Enhanced HBV susceptibility in primary cat hepatocytes overexpressing hNTCP.
(A) Schematic representation of the experimental setting. Primary cat hepatocytes were seeded in 6-well plates and infected with HBV at a multiplicity of infection of 2000 (MOI = 2000), or transduced with AAV-TTR-hNTCP (60000 vg/cell) in the presence of 4% PEG8000. 24 hours post-HBV infection or AAV transduction, cells were washed thrice with PBS and changed with fresh PMM. 72 hours post-AAV transduction, cells were infected with HBV (MOI = 2000). (B) Secreted HBeAg and HBsAg in the supernatants at indicated time points were determined by ELISA. (C) HBV DNA of the cell culture supernatants at 7 dpi was detected by qPCR using an HBV viral DNA quantitative fluorescence diagnostic kit. (D) The expression of hNTCP protein in primary cat hepatocytes overexpressing hNTCP or not was detected by western blotting at 7 dpi. β-actin was used as an internal control. (E) Cellular total RNA was extracted and reverse-transcribed, HBV pgRNA and total RNA were quantified by RT-qPCR using HBV-specific primers. (F) The Hirt DNA samples from 7 dpi were extracted and subjected to Southern blotting using 32P labeled HBV probes.

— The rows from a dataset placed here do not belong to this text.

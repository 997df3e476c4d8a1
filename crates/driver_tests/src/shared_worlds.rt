//! A shared world, and what no clause says of it: readers in threads that wait for each other, the memory that steps ask for, and each call once.

use crate::looks::{counts, see};
use crate::part::SMALL;
use block_image::Image;
use driver_threads::Job;
use entry_codec::Status;
use io_commands::{Draft, Kind, Request, Ticket};
use page_ledger::Owner;
use page_memory::PageNo;
use session_scripts::desk::runs::job;
use shared::{Changes, ServedStep, Shared, calls};
use std::alloc::{Allocator, Global};
use std::process::Abort;
use std::sync::Wait;
use std::thread;
use std::thread::Threads;
use step_core::{Reaped, Refused, World};
use test_support::{RefusedCalls, Refusing};

/// How many threads read.
const READERS: usize = 6;

/// How often each of them reads.
const READS: usize = 50;

/// What a call answers that must not be refused.
pub(crate) fn done<T, V, R: Abort>(rt: &R, answer: Result<T, Refused<V>>) -> T {
    match answer {
        Ok(value) => value,
        Err(_) => panic!(rt; "it was refused"),
    }
}

/// A Read of this many of the first blocks, each in a piece of its own.
pub(crate) fn read_of<A: Allocator + Copy, R: Abort>(rt: &R, alloc: A, blocks: u32) -> Request<A> {
    match job(alloc, 1, Kind::Read, 0, blocks, &[]) {
        Ok(
            Job {
                q: _,
                request,
                bytes: _,
            },
        ) => request,
        Err(_) => panic!(rt; "no memory"),
    }
}

/// The small world, over an image of four blocks of sevens.
pub(crate) fn opened<A: Allocator + Copy, R: Abort>(rt: &R, alloc: A) -> Shared<World<A>> {
    let mut bytes = Vec::new(alloc);
    assert!(rt; bytes.resize(4 * 512, 7).is_ok());
    let Ok(image) = Image::from_bytes(bytes) else {
        panic!(rt; "no image");
    };
    match World::open(alloc, SMALL, image) {
        Ok(world) => Shared::new(world),
        Err(_) => panic!(rt; "no world"),
    }
}

/// Submits a Read of this many blocks, once there is room for it, and rings.
pub(crate) fn submitted<A: Allocator + Copy, R: Abort + Wait>(
    rt: &R,
    alloc: A,
    shared: &Shared<World<A>>,
    blocks: u32,
) -> Ticket {
    let mut draft = done(
        rt,
        shared.reserve_when_free(rt, 1, read_of(rt, alloc, blocks)),
    );
    assert!(rt; draft.build(alloc).is_ok());
    let ticket = done(rt, calls::submit(shared, rt, draft));
    see(rt, &calls::ring(shared, rt, 1), &Ok(()));
    ticket
}

/// Cancels a draft.
pub(crate) fn cancelled<A: Allocator + Copy, R: Abort + Wait>(
    rt: &R,
    shared: &Shared<World<A>>,
    draft: Draft<A>,
) {
    let cancelled = shared.with(rt, Changes::ROOM, draft, |world, draft| world.cancel(draft));
    done(rt, cancelled);
}

/// Collects a Read of this many blocks of sevens, once it has ended, and releases it.
fn released<A: Allocator + Copy, R: Abort + Wait>(
    rt: &R,
    alloc: A,
    shared: &Shared<World<A>>,
    ticket: Ticket,
    blocks: usize,
) {
    let finished = done(rt, shared.collect_when_ended(rt, ticket));
    see(rt, &finished.status(), &Status::SUCCESS);
    let bytes = finished.gather(alloc).expect(rt, "memory");
    see(rt, &bytes.len(), &blocks.saturating_mul(512));
    for byte in &bytes {
        assert!(rt; *byte == 7);
    }
    let mut locked = shared.lock(rt);
    let released = locked.machine.release(finished);
    shared.leave(locked, Changes::ROOM);
    done(rt, released);
}

/// Reads three blocks, time after time, and cancels a Read before each.
fn read_often<R: Abort + Wait>(rt: &R, alloc: Global, shared: &Shared<World>) {
    for _ in 0..READS {
        let draft = done(rt, shared.reserve_when_free(rt, 1, read_of(rt, alloc, 3)));
        cancelled(rt, shared, draft);
        let ticket = submitted(rt, alloc, shared, 3);
        released(rt, alloc, shared, ticket, 3);
    }
}

/// Reaps until the workers are told to stop. It answers how many commands ended.
fn poll<R: Wait>(rt: &R, shared: &Shared<World>) -> usize {
    let mut ended: usize = 0;
    for _ in rt.forever() {
        match shared.reap_next(rt) {
            Some((1, Ok(Reaped::Done { .. }))) => ended = ended.wrapping_add(1),
            Some(_) => {}
            None => break,
        }
    }
    ended
}

/// Serves until the workers are told to stop. It answers how many commands were completed.
fn serve<R: Wait>(rt: &R, shared: &Shared<World>) -> usize {
    let mut completed: usize = 0;
    for _ in rt.forever() {
        match shared.serve_next(rt) {
            Some(ServedStep::Complete { answer: Ok(_), .. }) => {
                completed = completed.wrapping_add(1);
            }
            Some(_) => {}
            None => break,
        }
    }
    completed
}

/// Runs the readers, a poller and a controller.
fn read_in_threads<R: Abort + Threads + Wait + Sync>(
    rt: &R,
    alloc: Global,
    shared: &Shared<World>,
) {
    let mut readers = Vec::new(alloc);
    thread::scope(thread::scope_env(), rt, |scope| {
        let Ok(polls) = scope.spawn(move || poll(rt, shared)) else {
            panic!(rt; "no thread was made");
        };
        let Ok(serves) = scope.spawn(move || serve(rt, shared)) else {
            panic!(rt; "no thread was made");
        };
        for _ in 0..READERS {
            match scope.spawn(move || read_often(rt, alloc, shared)) {
                Ok(reader) => assert!(rt; readers.push(reader).is_ok()),
                Err(_) => panic!(rt; "no thread was made"),
            }
        }
        for reader in readers {
            reader.join(rt);
        }
        shared.stop(rt);
        see(rt, &serves.join(rt), &(READERS * READS));
        see(rt, &polls.join(rt), &(READERS * READS));
    });
}

#[test]
fn readers_in_threads_wait_for_each_other(rt: HostRuntime) {
    let shared = opened(&rt, rt.alloc());
    read_in_threads(&rt, rt.alloc(), &shared);
    see(&rt, &calls::counts(&shared, &rt), &counts(8, 4));
    let world = shared.end();
    assert!(&rt; world.is_idle());
    let _ended = world.end();
}

/// How often a hundred Reads of a block ask a heap for memory: four times each, for the request, its draft, the list of its pages and the bytes that are
/// gathered, and seven times for what is made once.
const GROWTHS: u64 = 407;

#[test]
fn reads_ask_for_the_memory_of_their_world_alone(rt: HostRuntime) {
    let rt = &rt;
    let heap = Refusing::new(rt.alloc());
    let shared = opened(rt, &heap);
    heap.refuse(RefusedCalls::Never);
    for _ in 0..100 {
        let ticket = submitted(rt, &heap, &shared, 1);
        for _ in 0..4 {
            assert!(rt; shared.serve_next(rt).is_some());
        }
        assert!(rt; shared.reap_next(rt).is_some());
        released(rt, &heap, &shared, ticket, 1);
    }
    see(rt, &heap.tally().calls, &GROWTHS);
    see(
        rt,
        &calls::owner(&shared, rt, PageNo(11)),
        &Some(Owner::Free),
    );
    see(rt, &calls::owner(&shared, rt, PageNo(12)), &None);
    let _ended = shared.end().end();
}
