//! What tests see, and what they wait for.

use page_ledger::Counts;
use std::fmt::Debug;
use std::process::Abort;
use std::sync::atomic::{AtomicBool, Ordering};
use std::thread;
use std::time::{Clock, Duration};

/// How many milliseconds a thread has until it has come this far.
const PATIENCE: u32 = 10_000;

/// How many milliseconds threads have until they sleep. Where that is too short, nothing comes out differently.
const ASLEEP: u64 = 50;

/// How many pages are free and belong to queues. None belongs to a command.
pub(crate) fn counts(free_pages: u32, queue_pages: u32) -> Counts {
    Counts {
        free_pages,
        queue_pages,
        chain_pages: 0,
        data_pages: 0,
    }
}

/// Sees that an answer is the one that is wanted.
pub(crate) fn see<T: PartialEq + Debug, R: Abort>(rt: &R, answer: &T, want: &T) {
    assert!(rt; answer == want, "{answer:?} in place of {want:?}");
}

/// Sees that an answer is the one that is wanted where this growth is refused.
pub(crate) fn see_at<T: PartialEq + Debug, R: Abort>(rt: &R, growth: u64, answer: &T, want: &T) {
    assert!(rt;
        answer == want,
        "growth {growth}: {answer:?} in place of {want:?}"
    );
}

/// Waits until a thread has come this far. False where it does not.
pub(crate) fn comes<R: Clock>(rt: &R, so_far: &AtomicBool) -> bool {
    for _ in 0..PATIENCE {
        if so_far.load(Ordering::SeqCst) {
            return true;
        }
        thread::sleep(rt, Duration::from_millis(1));
    }
    false
}

/// Gives other threads the time to fall asleep.
pub(crate) fn let_sleep<R: Clock>(rt: &R) {
    thread::sleep(rt, Duration::from_millis(ASLEEP));
}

Dotted line represents assay limit of detection. Data was presented as mean ± SD. * p < 0.05, ** p < 0.01, *** p < 0.001, and **** p < 0.0001. MOI, multiplicity of infection. pgRNA, pre-genomic RNA; PF-rcDNA, protein-free rcDNA; cccDNA, covalently closed circular DNA; dpi, days post-infection; vg: viral genomes.
Fig 8.
Evaluation of primary cat hepatocytes as a platform for testing anti-HBV drugs.

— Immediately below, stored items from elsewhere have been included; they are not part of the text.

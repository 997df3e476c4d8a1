//! A command as C asks for it: a struct, besides the pieces of its data.

ghost use Rattle.std.specs.Prelude.{◌≡◌};
ghost use Rattle.nvmesgl_c.specs.Requests as requests;

use crate::words::code::{BAD_OPTION, BAD_PIECE, BAD_SIZE, MEMORY, NO_KIND};
use crate::words::piece::{CPiece, NoPieces, kind_of, pieces_of};
use crate::words::reserved::has_set_word;
use io_commands::{BlockSize, Flags, Request};
use std::alloc::Global;

/// How many bytes [`CRequest`] has.
const SIZE: u32 = 48;

/// The bit of Force Unit Access.
const FORCE_UNIT_ACCESS: u32 = 1;

/// The bit of Limited Retry.
const LIMITED_RETRY: u32 = 2;

/// What a command asks for, besides its pieces. A later version may give a meaning to a word that is reserved now.
#[repr(C)]
#[derive(Clone, Copy)]
pub struct CRequest {
    /// How many bytes the struct has, 48.
    pub size: u32,
    /// 0: a Read. 1: a Write. 2: a Compare. 3: a Write Zeroes. 4: a Verify. 5: a Flush. 6: a Deallocate.
    pub kind: u32,
    /// The namespace; 0: namespace 1.
    pub nsid: u32,
    /// Bit 0: Force Unit Access. Bit 1: Limited Retry.
    pub flags: u32,
    /// The first block.
    pub slba: u64,
    /// How many blocks, or ranges.
    pub blocks: u32,
    /// How many bytes a block has; 0: 512.
    pub block_bytes: u32,
    /// Zeros.
    pub reserved: [u32; 4],
}

/// What is asked for in namespace 1, with no flag, in blocks of 512 bytes.
pub fn plain(kind: u32, slba: u64, blocks: u32) -> CRequest
    ensures { result ≡ requests.plain kind slba blocks }
{
    CRequest {
        size: SIZE,
        kind,
        nsid: 1,
        flags: 0,
        slba,
        blocks,
        block_bytes: 0,
        reserved: [0; 4],
    }
}

/// The flags of a number, if it has no other bit.
fn flags_of(number: u32) -> Option<Flags>
    ensures { result ≡ requests.flags_of number }
{
    if number > FORCE_UNIT_ACCESS + LIMITED_RETRY {
        return None;
    }
    Some(Flags {
        force_unit_access: number & FORCE_UNIT_ACCESS != 0,
        limited_retry: number & LIMITED_RETRY != 0,
    })
}

/// The block size of this many bytes, if there is one.
fn size_of(bytes: u32) -> Option<BlockSize>
    ensures { result ≡ requests.size_of_bytes bytes }
{
    if bytes == 0 {
        return Some(BlockSize::Bytes512);
    }
    BlockSize::of(u64::from(bytes))
}

/// The request that C asks for. Of more pieces than a command has, one more than that is read.
///
/// # Errors
///
/// The code of the first that holds: the struct has another size; a reserved word is not 0, or a flag or the block size is unknown; the kind is none; the kind of a piece is
/// none; memory is refused.
pub fn asked_of(alloc: Global, asked: &CRequest, pieces: &[CPiece]) -> Result<Request, u32>
    ensures { requests.IsMade (requests.asked_of asked.now (requests.looked_at pieces.now)) result }
{
    if asked.size != SIZE {
        return Err(BAD_SIZE);
    }
    if has_set_word(&asked.reserved) {
        return Err(BAD_OPTION);
    }
    let Some(flags) = flags_of(asked.flags) else {
        return Err(BAD_OPTION);
    };
    let Some(block_size) = size_of(asked.block_bytes) else {
        return Err(BAD_OPTION);
    };
    let Some(kind) = kind_of(asked.kind) else {
        return Err(NO_KIND);
    };
    let pieces = match pieces_of(alloc, pieces) {
        Ok(pieces) => pieces,
        Err(NoPieces::BadPiece) => return Err(BAD_PIECE),
        Err(NoPieces::Memory) => return Err(MEMORY),
    };
    Ok(Request {
        kind,
        nsid: asked.nsid.max(1),
        flags,
        slba: asked.slba,
        block_size,
        blocks: asked.blocks,
        pieces,
    })
}
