//! Why a handle was not opened.

ghost use Rattle.std.specs.Prelude.{◌≡◌};
ghost use Rattle.nvmesgl_c.specs.NotOpening as not_opening;

use crate::words::answer::{Answer, not_opened, nothing};
use crate::words::code::{BAD_IMAGE, BAD_OPTION, BAD_SIZE, MEMORY, code_of_open_refusal};
use crate::words::reserved::has_set_word;
use machine_model::words::OpenRefusal;

/// Why a handle was not opened: the first of these that holds.
#[derive(Clone, Copy, Debug, PartialEq, Eq)]
pub enum NotOpened {
    /// The options have another size.
    BadSize,
    /// A reserved word is not 0.
    BadOption,
    /// The image is not 1 to 65,536 whole blocks.
    BadImage,
    /// Memory was refused.
    Memory,
    /// Nothing opens with these numbers.
    Refused(OpenRefusal),
}

/// What is wrong with the form of options, if anything is: their size is not that of their kind, or a reserved word is not 0.
pub fn fault_of_form(size: u32, own: u32, reserved: &[u32]) -> Option<NotOpened>
    ensures { result ≡ not_opening.fault_of_form own size reserved.now }
{
    if size != own {
        return Some(NotOpened::BadSize);
    }
    if has_set_word(reserved) {
        return Some(NotOpened::BadOption);
    }
    None
}

/// The code of an opening that was not done.
pub fn code_of_not_opened(why: NotOpened) -> u32
    ensures { result ≡ not_opening.code_of_not_opened why }
{
    match why {
        NotOpened::BadSize => BAD_SIZE,
        NotOpened::BadOption => BAD_OPTION,
        NotOpened::BadImage => BAD_IMAGE,
        NotOpened::Memory => MEMORY,
        NotOpened::Refused(why) => code_of_open_refusal(why),
    }
}

/// What an opening that was not done tells.
pub fn told_not_opened(why: NotOpened) -> Answer
    ensures { result ≡ not_opening.told_not_opened why }
{
    match why {
        NotOpened::Refused(why) => not_opened(why),
        NotOpened::BadSize | NotOpened::BadOption | NotOpened::BadImage | NotOpened::Memory =>
            nothing(),
    }
}
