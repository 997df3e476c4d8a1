//! Books, also under a lock, and runs of threads: what no clause says of them, such as who is woken and what a schedule leaves, and what benches,
//! worlds and lists of steps do where memory is refused. It has tests alone, so that they do not prove the book once more.
#![tactic(auto)]

#[cfg(test)]
mod crowd;
#[cfg(test)]
mod fixed_heap;
#[cfg(test)]
mod heap;
#[cfg(test)]
mod host_sleepers;
#[cfg(test)]
mod jobs;
#[cfg(test)]
mod lists;
#[cfg(test)]
mod looks;
#[cfg(test)]
mod openings;
#[cfg(test)]
mod part;
#[cfg(test)]
mod serving;
#[cfg(test)]
mod shared_hosts;
#[cfg(test)]
mod shared_sleepers;
#[cfg(test)]
mod shared_worlds;
#[cfg(test)]
mod tables;
#[cfg(test)]
mod wakes;
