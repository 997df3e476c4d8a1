//! Who owns a page, as C sees it.

ghost use Rattle.std.specs.Prelude.{◌≡◌};
ghost use Rattle.nvmesgl_c.specs.Owners as owners;

use page_ledger::{Owner, Role};
use page_memory::Half;

/// Who owns a page.
#[repr(C)]
#[derive(Clone, Copy)]
pub struct COwner {
    /// 0 nobody, 1 a submission queue, 2 a completion queue, 3 a command for its data, 4 a command for its chain.
    pub class: u32,
    /// The queue, or the command's queue.
    pub q: u16,
    /// The command's identifier.
    pub cid: u16,
    /// Zeros.
    pub reserved: [u32; 4],
}

/// An owner of a class, a queue and an identifier.
fn owner_with(class: u32, q: u16, cid: u16) -> COwner
    ensures { result ≡ owners.owner_with class q cid }
{
    COwner {
        class,
        q,
        cid,
        reserved: [0; 4],
    }
}

/// The owner that C sees.
pub fn owner_of(owner: Owner) -> COwner
    ensures { result ≡ owners.owner_of owner }
{
    match owner {
        Owner::Free => owner_with(0, 0, 0),
        Owner::Queue {
            q,
            half: Half::Submission,
        } => owner_with(1, q, 0),
        Owner::Queue {
            q,
            half: Half::Completion,
        } => owner_with(2, q, 0),
        Owner::Command {
            q,
            cid,
            role: Role::Data,
        } => owner_with(3, q, cid),
        Owner::Command {
            q,
            cid,
            role: Role::Chain,
        } => owner_with(4, q, cid),
    }
}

(A) Schematic representation of the experimental setting. Primary cat hepatocytes were seeded in 6-well plates and infected with 2000 HBV genomes per cell (MOI = 2000) in the presence of 4% PEG8000 with or without 500 nM MyrB. One day post-infection, cells were treated with or without ETV (500 nM) and Poly (I:C) (1 μg/ml), and the supernatants and cells were collected at 3 dpi, 5 dpi, and 7 dpi. (B) Secreted HBeAg and HBsAg in the supernatants at indicated time points were determined by ELISA. (C) HBV DNA of the cell cultural supernatants at 7 dpi was detected by qPCR using an HBV viral DNA quantitative fluorescence diagnostic kit. (D) The expression of HBc protein in primary cat hepatocytes was detected by western blotting. β-actin was used as an internal control. (E) The expression of HBsAg protein in primary cat hepatocytes was detected by immunofluorescence staining. Scale bar = 100 µm. (F) Cellular DNA from different time points was Hirt extracted and then subjected to Southern blotting assay using 32P labeled HBV probes. The Hirt DNA samples from HBV-infected HepG2-hNTCP cells served as the positive control. (G) The Hirt DNA samples from seven days post-infection was denatured at 85°C, treated with EcoRI restriction nuclease, and subjected to Southern blotting using 32P labeled HBV probes. The Hirt DNA samples from HBV-infected HepG2-hNTCP cells served as the positive control. (H) Cellular total RNA was extracted and reverse-transcribed, and HBV pgRNA and total RNA were quantified by RT-qPCR using HBV-specific primers. (I) Cellular total RNA was extracted and then subjected to Northern blotting assay using 32P labeled HBV probes. Ribosomal RNA 18S and 28S served as the loading control. (J) Intracellular DNA was extracted and detected by qPCR using an HBV viral DNA quantitative fluorescence diagnostic kit. Dotted line represents assay limit of detection. Data was presented as mean ± SD. * p < 0.05, ** p < 0.01, *** p < 0.001, and **** p < 0.0001. MOI, multiplicity of infection. HBc, HBV core protein; pgRNA, pre-genomic RNA; rcDNA, relaxed circular DNA; dslDNA, double-strand linear DNA; ssDNA, single-strand DNA; PF-rcDNA, protein-free rcDNA; cccDNA, covalently closed circular DNA; dpi, days post-infection.